Exercise objective: Below are some records. Print all of them exactly as they appear.

Entries provided:
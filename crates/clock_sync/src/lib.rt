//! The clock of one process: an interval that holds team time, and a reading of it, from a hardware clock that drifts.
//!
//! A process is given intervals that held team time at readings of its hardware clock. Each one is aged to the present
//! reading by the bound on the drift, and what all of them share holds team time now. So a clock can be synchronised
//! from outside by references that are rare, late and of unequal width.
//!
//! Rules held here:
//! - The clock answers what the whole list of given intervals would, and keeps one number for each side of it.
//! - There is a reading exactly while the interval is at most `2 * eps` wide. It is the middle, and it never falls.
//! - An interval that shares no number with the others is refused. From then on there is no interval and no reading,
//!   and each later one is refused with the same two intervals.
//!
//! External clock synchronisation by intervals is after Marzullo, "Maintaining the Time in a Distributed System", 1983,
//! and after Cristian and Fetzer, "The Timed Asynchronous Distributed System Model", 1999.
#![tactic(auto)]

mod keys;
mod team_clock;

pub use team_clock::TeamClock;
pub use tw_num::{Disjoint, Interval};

Solved problem:
filename crates/clock_sync/src/lib.rt
//! The clock of one process: an interval that holds team time, and a reading of it, from a hardware clock that drifts.
//!
//! A process is given intervals that held team time at readings of its hardware clock. Each one is aged to the present
//! reading by the bound on the drift, and what all of them share holds team time now. So a clock can be synchronised
//! from outside by references that are rare, late and of unequal width.
//!
//! Rules held here:
//! - The clock answers what the whole list of given intervals would, and keeps one number for each side of it.
//! - There is a reading exactly while the interval is at most `2 * eps` wide. It is the middle, and it never falls.
//! - An interval that shares no number with the others is refused. From then on there is no interval and no reading,
//!   and each later one is refused with the same two intervals.
//!
//! External clock synchronisation by intervals is after Marzullo, "Maintaining the Time in a Distributed System", 1983,
//! and after Cristian and Fetzer, "The Timed Asynchronous Distributed System Model", 1999.
#![tactic(auto)]

mod keys;
mod team_clock;

pub use team_clock::TeamClock;
pub use tw_num::{Disjoint, Interval};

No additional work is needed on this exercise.